- [WHAT THIS TASK INVOLVES] Of all the entries below, only the lines from the one with "code_of_line(fault.why)" up to and including the one with "register.drop_waiting();" are to be duplicated exactly.

- [RECORDS FOR THE EXERCISE]
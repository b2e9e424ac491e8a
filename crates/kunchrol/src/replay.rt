//! A log that is replayed.

ghost use Rattle.std.specs.Prelude.{◌≡◌, ◌≢◌, length};
ghost use Rattle.embed.specs.Replay.{Replays, octets_of, whole_lines};
ghost use Rattle.kunchrol.specs.Refusals.{IsClosed};
ghost use Rattle.kunchrol.specs.Replay.{DropsFrames, RefusesReplay, ReplaysText, StopsAt, code_of_line};

use crate::code::{ARGUMENT, CLOSED, OK, code_of_cause};
use crate::handle::Handle;
use embed::{LineFault, Register};
use std::alloc::Global;

/// Does what the whole lines of the text of a log say, one after the other (`embed::Register::replay`), and puts the number of octets of
/// the lines that are done at `used`. This alone of all calls may change the register where it answers another number than 0: the lines
/// before the one whose number, from 1, it puts at `line` are done. Otherwise it puts 0 there.
#[unsafe(no_mangle)]
pub extern "C" fn kunchrol_replay(
    alloc: Global,
    handle: &mut Handle,
    text: &[u8],
    used: &mut usize,
    line: &mut u64,
) -> u32
    ensures replayed { result ≡ 0
        → ReplaysText text.now handle.old.value used.new handle.new.value }
    ensures why { result ≢ 0 → RefusesReplay text.now handle.old.value used.new line.new
        result handle.new.value }
    ensures no_line { result ≡ 0 → line.new ≡ 0 }
{
    *used = 0;
    *line = 0;
    let Some(mut register) = handle.take(alloc) else {
        return CLOSED;
    };
    let code = replay_text(&mut register, text, used, line);
    handle.put(register);
    code
}

fn replay_text(register: &mut Register, text: &[u8], used: &mut usize, line: &mut u64) -> u32
    ensures replayed { result ≡ 0 → Replays register.old (whole_lines text.now) register.new }
    ensures used { result ≡ 0 → used.new ≡ length (octets_of (whole_lines text.now)) }
    ensures why { result ≢ 0 → StopsAt register.old (whole_lines text.now) used.new line.new
        result register.new }
    ensures no_line { result ≡ 0 → line.new ≡ line.old }
{
    match register.replay(text) {
        Ok(count) => {
            *used = count;
            OK
        }
        Err(fault) => {
            *used = fault.used;
            *line = fault.line;
            code_of_line(fault.why)
        }
    }
}

/// Why a line was not done.
fn code_of_line(why: LineFault) -> u32
    ensures { result ≡ code_of_line why }
{
    match why {
        LineFault::NotALine => ARGUMENT,
        LineFault::Refused(cause) => code_of_cause(cause),
    }
}

/// Drops the frames that wait.
#[unsafe(no_mangle)]
pub extern "C" fn kunchrol_drop_frames(alloc: Global, handle: &mut Handle) -> u32
    ensures dropped { result ≡ 0 → DropsFrames handle.old.value handle.new.value }
    ensures why { result ≢ 0 → IsClosed handle.old.value result }
    ensures refused { result ≢ 0 → handle.new.value ≡ handle.old.value }
{
    let Some(mut register) = handle.take(alloc) else {
        return CLOSED;
    };
    register.drop_waiting();
    handle.put(register);
    OK
}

- [SOLUTION BELOW]
            code_of_line(fault.why)
        }
    }
}

/// Why a line was not done.
fn code_of_line(why: LineFault) -> u32
    ensures { result ≡ code_of_line why }
{
    match why {
        LineFault::NotALine => ARGUMENT,
        LineFault::Refused(cause) => code_of_cause(cause),
    }
}

/// Drops the frames that wait.
#[unsafe(no_mangle)]
pub extern "C" fn kunchrol_drop_frames(alloc: Global, handle: &mut Handle) -> u32
    ensures dropped { result ≡ 0 → DropsFrames handle.old.value handle.new.value }
    ensures why { result ≢ 0 → IsClosed handle.old.value result }
    ensures refused { result ≢ 0 → handle.new.value ≡ handle.old.value }
{
    let Some(mut register) = handle.take(alloc) else {
        return CLOSED;
    };
    register.drop_waiting();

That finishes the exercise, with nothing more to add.